##### EXTRACTED INFORMATION #####

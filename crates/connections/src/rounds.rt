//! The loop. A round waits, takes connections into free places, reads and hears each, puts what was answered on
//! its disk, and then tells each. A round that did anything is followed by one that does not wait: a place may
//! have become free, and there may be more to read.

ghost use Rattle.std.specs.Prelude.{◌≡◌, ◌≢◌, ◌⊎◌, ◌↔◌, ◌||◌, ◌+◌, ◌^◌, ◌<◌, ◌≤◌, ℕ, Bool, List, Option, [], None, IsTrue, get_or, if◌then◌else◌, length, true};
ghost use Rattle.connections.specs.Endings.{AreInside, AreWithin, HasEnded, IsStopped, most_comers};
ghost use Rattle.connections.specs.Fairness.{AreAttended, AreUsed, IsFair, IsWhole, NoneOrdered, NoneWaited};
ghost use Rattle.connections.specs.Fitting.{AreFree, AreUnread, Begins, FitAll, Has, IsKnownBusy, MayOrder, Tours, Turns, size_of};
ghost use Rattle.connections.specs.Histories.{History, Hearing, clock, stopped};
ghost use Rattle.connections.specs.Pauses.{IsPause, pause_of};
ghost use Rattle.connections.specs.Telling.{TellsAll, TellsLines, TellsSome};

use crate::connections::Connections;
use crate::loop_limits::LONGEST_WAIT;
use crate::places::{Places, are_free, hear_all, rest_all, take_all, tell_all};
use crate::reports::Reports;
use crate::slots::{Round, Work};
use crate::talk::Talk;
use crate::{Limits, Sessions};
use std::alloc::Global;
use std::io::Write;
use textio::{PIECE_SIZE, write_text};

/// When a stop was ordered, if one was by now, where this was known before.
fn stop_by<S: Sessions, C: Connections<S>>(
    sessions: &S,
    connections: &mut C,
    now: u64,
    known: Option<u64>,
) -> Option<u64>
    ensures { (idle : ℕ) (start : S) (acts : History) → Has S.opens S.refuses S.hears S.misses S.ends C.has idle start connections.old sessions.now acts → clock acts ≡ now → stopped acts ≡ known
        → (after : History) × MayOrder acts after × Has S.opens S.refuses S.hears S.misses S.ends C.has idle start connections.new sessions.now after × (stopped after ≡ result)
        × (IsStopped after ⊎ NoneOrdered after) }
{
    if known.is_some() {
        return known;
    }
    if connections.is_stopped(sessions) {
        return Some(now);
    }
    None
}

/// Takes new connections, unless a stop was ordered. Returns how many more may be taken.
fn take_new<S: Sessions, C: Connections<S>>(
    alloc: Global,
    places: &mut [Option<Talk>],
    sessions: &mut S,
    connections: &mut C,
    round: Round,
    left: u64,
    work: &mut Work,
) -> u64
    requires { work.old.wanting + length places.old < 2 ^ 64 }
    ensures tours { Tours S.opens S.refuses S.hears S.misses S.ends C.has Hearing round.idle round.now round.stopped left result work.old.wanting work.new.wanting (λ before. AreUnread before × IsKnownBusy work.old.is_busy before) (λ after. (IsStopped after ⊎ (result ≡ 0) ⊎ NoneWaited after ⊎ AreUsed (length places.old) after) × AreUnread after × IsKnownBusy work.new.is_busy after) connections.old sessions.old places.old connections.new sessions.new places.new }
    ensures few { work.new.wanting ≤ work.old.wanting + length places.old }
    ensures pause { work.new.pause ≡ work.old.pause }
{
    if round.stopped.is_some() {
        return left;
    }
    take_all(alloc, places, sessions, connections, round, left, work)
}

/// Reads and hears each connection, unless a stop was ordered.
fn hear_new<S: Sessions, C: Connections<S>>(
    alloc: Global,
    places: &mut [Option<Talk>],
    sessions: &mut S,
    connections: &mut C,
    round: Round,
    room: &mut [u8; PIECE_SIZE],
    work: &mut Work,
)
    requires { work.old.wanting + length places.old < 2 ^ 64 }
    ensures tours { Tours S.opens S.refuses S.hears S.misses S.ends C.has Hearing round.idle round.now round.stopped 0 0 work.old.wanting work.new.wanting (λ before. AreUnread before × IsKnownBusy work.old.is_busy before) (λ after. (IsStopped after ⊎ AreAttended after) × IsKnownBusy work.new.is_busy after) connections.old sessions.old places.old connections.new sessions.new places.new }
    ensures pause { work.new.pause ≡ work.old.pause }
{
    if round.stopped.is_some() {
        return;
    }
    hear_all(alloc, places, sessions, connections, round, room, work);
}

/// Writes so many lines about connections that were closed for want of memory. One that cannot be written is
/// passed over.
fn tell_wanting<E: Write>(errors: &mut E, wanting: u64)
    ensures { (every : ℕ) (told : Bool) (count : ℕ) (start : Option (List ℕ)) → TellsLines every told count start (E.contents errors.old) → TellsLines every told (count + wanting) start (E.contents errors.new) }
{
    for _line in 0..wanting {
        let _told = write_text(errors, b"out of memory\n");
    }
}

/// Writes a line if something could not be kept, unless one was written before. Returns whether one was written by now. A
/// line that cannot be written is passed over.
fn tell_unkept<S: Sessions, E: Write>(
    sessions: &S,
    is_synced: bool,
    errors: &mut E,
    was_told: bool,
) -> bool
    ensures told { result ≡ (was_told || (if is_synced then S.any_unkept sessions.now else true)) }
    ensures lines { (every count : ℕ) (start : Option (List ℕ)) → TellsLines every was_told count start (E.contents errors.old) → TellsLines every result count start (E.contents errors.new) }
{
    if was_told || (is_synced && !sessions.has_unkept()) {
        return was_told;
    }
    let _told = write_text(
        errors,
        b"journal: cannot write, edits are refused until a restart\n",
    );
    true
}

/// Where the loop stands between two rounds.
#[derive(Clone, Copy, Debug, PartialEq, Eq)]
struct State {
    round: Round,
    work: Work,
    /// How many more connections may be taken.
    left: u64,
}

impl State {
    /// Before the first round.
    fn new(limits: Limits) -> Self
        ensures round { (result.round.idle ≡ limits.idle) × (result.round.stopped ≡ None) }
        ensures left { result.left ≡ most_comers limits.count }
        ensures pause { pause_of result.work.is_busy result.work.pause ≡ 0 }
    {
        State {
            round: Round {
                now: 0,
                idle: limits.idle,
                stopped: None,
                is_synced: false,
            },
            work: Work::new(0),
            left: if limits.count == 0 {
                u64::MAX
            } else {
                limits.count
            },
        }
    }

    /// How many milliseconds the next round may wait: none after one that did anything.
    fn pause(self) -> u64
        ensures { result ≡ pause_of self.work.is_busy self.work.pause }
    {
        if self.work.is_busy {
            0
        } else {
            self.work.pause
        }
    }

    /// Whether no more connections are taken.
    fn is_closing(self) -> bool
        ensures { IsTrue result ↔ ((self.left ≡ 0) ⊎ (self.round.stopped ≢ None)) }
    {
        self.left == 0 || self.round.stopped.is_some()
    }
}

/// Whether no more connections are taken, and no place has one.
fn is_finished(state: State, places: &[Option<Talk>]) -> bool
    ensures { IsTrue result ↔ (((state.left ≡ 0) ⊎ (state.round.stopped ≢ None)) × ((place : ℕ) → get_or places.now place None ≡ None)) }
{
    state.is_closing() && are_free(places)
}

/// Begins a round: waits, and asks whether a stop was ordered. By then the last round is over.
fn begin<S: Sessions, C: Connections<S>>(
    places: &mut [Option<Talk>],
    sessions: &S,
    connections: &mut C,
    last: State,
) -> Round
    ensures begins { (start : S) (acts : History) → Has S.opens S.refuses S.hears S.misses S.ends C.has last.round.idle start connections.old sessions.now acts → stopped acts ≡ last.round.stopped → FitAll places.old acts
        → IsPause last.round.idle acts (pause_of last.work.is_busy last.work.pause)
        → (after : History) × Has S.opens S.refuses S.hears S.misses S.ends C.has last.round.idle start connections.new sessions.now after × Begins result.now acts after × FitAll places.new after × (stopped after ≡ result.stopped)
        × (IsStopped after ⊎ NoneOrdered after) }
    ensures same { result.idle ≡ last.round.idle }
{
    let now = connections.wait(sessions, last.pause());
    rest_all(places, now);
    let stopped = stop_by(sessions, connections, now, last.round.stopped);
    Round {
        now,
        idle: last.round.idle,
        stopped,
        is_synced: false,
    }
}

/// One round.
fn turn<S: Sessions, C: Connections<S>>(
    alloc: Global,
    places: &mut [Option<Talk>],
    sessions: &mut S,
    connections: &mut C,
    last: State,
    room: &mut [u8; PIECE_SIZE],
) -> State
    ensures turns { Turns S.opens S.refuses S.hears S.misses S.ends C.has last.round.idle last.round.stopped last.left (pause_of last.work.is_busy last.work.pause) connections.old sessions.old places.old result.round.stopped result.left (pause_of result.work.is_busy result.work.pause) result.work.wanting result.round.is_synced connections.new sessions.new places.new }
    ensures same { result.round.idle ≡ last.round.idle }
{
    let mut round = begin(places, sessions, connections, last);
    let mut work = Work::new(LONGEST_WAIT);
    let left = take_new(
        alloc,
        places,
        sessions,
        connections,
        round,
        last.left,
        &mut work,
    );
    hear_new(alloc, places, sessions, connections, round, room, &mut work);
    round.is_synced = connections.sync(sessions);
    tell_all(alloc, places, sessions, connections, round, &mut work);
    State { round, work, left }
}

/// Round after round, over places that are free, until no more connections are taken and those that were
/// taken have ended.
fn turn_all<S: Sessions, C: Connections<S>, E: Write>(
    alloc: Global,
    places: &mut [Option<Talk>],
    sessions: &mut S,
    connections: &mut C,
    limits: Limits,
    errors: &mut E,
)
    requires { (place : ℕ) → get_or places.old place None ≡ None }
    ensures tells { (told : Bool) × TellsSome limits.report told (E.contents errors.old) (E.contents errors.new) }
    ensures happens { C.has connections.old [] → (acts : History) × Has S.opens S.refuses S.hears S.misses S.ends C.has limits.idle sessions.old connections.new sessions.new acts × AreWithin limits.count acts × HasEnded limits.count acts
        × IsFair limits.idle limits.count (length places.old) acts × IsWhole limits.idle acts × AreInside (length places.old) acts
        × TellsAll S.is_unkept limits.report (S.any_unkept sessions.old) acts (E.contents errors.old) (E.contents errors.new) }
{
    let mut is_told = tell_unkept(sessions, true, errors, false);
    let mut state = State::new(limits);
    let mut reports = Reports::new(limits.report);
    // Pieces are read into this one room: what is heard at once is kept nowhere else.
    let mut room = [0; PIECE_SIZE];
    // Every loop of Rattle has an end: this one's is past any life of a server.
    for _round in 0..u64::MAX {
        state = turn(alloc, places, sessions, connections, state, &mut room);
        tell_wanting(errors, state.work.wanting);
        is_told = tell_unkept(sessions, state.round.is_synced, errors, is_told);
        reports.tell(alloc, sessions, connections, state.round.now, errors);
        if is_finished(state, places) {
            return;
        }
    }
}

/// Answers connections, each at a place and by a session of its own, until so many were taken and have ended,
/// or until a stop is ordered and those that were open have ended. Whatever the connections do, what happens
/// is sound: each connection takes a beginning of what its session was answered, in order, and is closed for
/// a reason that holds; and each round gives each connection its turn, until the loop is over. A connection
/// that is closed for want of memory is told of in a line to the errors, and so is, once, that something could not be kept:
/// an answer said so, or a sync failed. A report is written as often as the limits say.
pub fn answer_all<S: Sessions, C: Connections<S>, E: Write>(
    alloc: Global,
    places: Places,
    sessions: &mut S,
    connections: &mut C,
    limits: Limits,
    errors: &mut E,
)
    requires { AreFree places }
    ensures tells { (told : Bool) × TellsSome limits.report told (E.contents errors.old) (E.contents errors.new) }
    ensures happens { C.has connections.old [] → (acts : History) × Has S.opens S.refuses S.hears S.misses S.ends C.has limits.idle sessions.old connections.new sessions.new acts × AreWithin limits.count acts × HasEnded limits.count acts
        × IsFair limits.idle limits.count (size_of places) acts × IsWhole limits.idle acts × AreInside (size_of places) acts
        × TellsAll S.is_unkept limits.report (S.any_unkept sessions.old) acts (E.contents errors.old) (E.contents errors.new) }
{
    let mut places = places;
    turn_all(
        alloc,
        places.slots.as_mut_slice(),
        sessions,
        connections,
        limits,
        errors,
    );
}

#####
##### EXTRACTED INFORMATION #####

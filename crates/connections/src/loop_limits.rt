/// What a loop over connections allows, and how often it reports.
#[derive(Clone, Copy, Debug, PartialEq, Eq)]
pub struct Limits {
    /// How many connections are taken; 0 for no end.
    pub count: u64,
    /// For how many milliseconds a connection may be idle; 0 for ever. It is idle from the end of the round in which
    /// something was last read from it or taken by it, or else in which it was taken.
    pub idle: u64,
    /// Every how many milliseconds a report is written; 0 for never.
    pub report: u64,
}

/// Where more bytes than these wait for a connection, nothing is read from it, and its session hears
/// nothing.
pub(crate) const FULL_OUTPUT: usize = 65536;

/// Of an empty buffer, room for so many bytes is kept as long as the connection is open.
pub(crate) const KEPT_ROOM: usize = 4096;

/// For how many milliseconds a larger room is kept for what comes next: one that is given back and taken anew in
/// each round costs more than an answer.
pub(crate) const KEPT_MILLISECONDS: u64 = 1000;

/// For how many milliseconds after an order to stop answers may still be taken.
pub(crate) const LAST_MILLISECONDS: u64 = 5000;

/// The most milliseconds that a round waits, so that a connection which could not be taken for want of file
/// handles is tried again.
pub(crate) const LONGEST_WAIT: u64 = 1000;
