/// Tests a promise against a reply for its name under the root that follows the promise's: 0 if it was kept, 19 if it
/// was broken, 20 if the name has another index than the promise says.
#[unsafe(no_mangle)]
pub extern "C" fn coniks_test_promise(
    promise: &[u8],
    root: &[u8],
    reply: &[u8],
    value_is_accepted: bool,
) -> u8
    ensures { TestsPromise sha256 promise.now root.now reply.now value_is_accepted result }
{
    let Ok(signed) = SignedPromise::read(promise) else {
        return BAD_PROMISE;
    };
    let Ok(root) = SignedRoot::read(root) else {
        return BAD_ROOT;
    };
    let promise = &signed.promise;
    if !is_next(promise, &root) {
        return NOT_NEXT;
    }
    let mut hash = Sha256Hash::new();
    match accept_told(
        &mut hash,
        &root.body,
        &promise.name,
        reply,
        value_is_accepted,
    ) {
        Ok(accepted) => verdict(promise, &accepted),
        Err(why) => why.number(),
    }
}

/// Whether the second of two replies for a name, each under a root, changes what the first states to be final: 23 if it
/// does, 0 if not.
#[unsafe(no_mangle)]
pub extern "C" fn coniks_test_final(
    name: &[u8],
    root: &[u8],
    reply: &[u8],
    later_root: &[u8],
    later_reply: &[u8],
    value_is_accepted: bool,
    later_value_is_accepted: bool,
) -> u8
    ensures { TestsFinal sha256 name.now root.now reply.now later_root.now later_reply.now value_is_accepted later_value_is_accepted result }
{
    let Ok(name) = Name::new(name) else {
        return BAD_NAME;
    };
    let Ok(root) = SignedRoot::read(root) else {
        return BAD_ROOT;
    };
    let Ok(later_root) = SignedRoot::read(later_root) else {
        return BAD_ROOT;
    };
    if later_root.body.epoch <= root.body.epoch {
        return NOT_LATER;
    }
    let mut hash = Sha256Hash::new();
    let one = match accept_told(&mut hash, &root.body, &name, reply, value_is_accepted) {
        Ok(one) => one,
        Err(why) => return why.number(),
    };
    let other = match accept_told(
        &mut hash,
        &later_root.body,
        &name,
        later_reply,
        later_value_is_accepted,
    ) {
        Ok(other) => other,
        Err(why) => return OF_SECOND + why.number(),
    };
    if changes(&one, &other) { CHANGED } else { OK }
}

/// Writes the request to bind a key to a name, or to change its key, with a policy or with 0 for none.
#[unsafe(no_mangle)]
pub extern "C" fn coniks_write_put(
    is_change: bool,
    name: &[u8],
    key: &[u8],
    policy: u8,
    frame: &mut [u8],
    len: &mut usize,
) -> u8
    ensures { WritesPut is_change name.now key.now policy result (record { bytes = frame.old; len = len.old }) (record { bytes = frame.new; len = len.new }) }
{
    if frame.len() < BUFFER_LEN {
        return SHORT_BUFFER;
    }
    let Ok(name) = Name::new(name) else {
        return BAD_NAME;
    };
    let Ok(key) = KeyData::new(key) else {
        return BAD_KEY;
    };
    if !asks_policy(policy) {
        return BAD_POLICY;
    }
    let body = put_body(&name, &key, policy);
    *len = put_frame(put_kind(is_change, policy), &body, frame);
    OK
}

#####

:: ACTION ITEM ::
From the data above, reproduce word for word the lines running from the line with "filename crates/connections/src/rounds.rt" to the line with "more to read.", ends included.

:: EXERCISE RESULT ::
filename crates/connections/src/rounds.rt
//! The loop. A round waits, takes connections into free places, reads and hears each, puts what was answered on
//! its disk, and then tells each. A round that did anything is followed by one that does not wait: a place may
//! have become free, and there may be more to read.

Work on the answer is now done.